╭──

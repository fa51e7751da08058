//! The forms of commands, as they are told to a person.

use crate::texts::Text;
use schedule_lines::words::word_count;
use schedule_text::Verb;

/// A word, and what is printed of it.
pub(crate) type Form = (&'static str, &'static str);

/// The form of a configuration.
pub(crate) const CONFIG: &str = "config TASKS CPUS MOUNTS NODES CAPACITY";

/// The least and the most that numbers of a configuration may be, in their order, with how they are printed.
pub(crate) static LIMITS: [(u32, u32, &str); 4] = [
    (1, 64, "TASKS is 1 to 64"),
    (1, 64, "CPUS is 1 to 64"),
    (1, 8, "MOUNTS is 1 to 8"),
    (2, 64, "NODES is 2 to 64"),
];

/// The command that configures, with its form.
pub(crate) static CONFIGS: [Form; 1] = [("config", CONFIG)];

/// The commands that stand alone on their line, which is their form.
pub(crate) static ALONE: [Form; 3] = [("words", "words"), ("tree", "tree"), ("model", "model")];

/// The words by which a line behind `race` claims something, with their forms.
pub(crate) static CLAIMS: [Form; 4] = [
    ("never", "never CONDITION"),
    ("sometimes", "sometimes CONDITION"),
    ("always", "always CONDITION"),
    ("invariant", "invariant CONDITION"),
];

/// The arguments of `hook`, the line of a race by which a hook fails in a task's last call.
pub(crate) const HOOK: &str = "sync|freeze|unfreeze|reconfigure|wait CODE";

/// The commands that stand behind the number of a task only in a race, with their arguments.
pub(crate) static HOOKS: [Form; 1] = [("hook", HOOK)];

/// Words that people type at a prompt, with what helps them.
pub(crate) static TYPED: [Form; 5] = [
    ("help", HELP),
    ("?", HELP),
    ("quit", "Ctrl-D ends a schedule"),
    ("exit", "Ctrl-D ends a schedule"),
    ("q", "Ctrl-D ends a schedule"),
];

const HELP: &str =
    "a line is 'words', 'tree', 'model' or 'T COMMAND', as '0 want 0 0' and then '0 run'; docs/schedules.md has them all; Ctrl-D ends it";

/// What is printed of the arguments of forms of which one of some words stands there.
pub(crate) static CHOICES: [Form; 5] = [
    ("ro|rw", "ro|rw is expected"),
    ("[kernel|user]", "kernel|user is expected"),
    ("file|dir", "file|dir is expected"),
    (
        "[sync|freeze|unfreeze|reconfigure|wait",
        "sync|freeze|unfreeze|reconfigure|wait is expected",
    ),
    (
        "sync|freeze|unfreeze|reconfigure|wait",
        "sync|freeze|unfreeze|reconfigure|wait is expected",
    ),
];

/// Returns what is printed of a word in some forms.
pub(crate) fn told_of(forms: &[Form], word: &[u8]) -> Option<&'static str> {
    for (name, text) in forms {
        if name.as_bytes() == word {
            return Some(*text);
        }
    }
    None
}

/// Returns the arguments of a command that stands behind the number of a task, in a schedule or in a race.
pub(crate) fn arguments_of(word: &[u8]) -> Option<&'static str> {
    match Verb::of(word) {
        Some(verb) => Some(verb.row().arguments),
        None => told_of(HOOKS.as_slice(), word),
    }
}

/// Returns how many words a line has with all these arguments: its task and its command stand before them.
pub(crate) fn words_with(arguments: &str) -> usize {
    if arguments.is_empty() {
        2
    } else {
        word_count(arguments.as_bytes()).saturating_add(2)
    }
}

/// Puts the form of a line on a task in quotes, behind another text.
pub(crate) fn put_form(help: &mut Text, before: &str, command: &[u8], arguments: &str) {
    help.put(before);
    help.put(" 'T ");
    help.bytes(command);
    if !arguments.is_empty() {
        help.put(" ");
        help.put(arguments);
    }
    help.put("'");
}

╰──

▶ _EXERCISE DETAILS_: Print, exactly as written, the first line of the records above and each line after it until the line with "pub(crate) static CONFIGS: [Form;", which is printed too.

▶ _EXERCISE ANSWER_:
repository fa51e7751da08058
//! The forms of commands, as they are told to a person.

use crate::texts::Text;
use schedule_lines::words::word_count;
use schedule_text::Verb;

/// A word, and what is printed of it.
pub(crate) type Form = (&'static str, &'static str);

/// The form of a configuration.
pub(crate) const CONFIG: &str = "config TASKS CPUS MOUNTS NODES CAPACITY";

/// The least and the most that numbers of a configuration may be, in their order, with how they are printed.
pub(crate) static LIMITS: [(u32, u32, &str); 4] = [
    (1, 64, "TASKS is 1 to 64"),
    (1, 64, "CPUS is 1 to 64"),
    (1, 8, "MOUNTS is 1 to 8"),
    (2, 64, "NODES is 2 to 64"),
];

/// The command that configures, with its form.
pub(crate) static CONFIGS: [Form; 1] = [("config", CONFIG)];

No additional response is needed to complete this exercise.